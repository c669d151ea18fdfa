//! Which node this is.

/// The most calls that a node may be made to accept in its life: 2^56 - 1. A pass takes at most 16
/// random draws, so that a stream of them doesn't end.
pub const MAX_TRACE_CAP: u64 = 72_057_594_037_927_935;

/// Which node of the cluster this is, how many nodes the cluster has (1 to 32), and how many
/// calls the node accepts in its life, at most `MAX_TRACE_CAP`.
#[derive(Clone, Copy, Debug, PartialEq, Eq)]
pub struct Config {
    pub node: u8,
    pub nodes: u8,
    pub trace_cap: u64,
}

---*---

Every record must be given again exactly as it was written.

_Exercise response_
repository c669d151ea18fdfa
//! Which node this is.

/// The most calls that a node may be made to accept in its life: 2^56 - 1. A pass takes at most 16
/// random draws, so that a stream of them doesn't end.
pub const MAX_TRACE_CAP: u64 = 72_057_594_037_927_935;

/// Which node of the cluster this is, how many nodes the cluster has (1 to 32), and how many
/// calls the node accepts in its life, at most `MAX_TRACE_CAP`.
#[derive(Clone, Copy, Debug, PartialEq, Eq)]
pub struct Config {
    pub node: u8,
    pub nodes: u8,
    pub trace_cap: u64,
}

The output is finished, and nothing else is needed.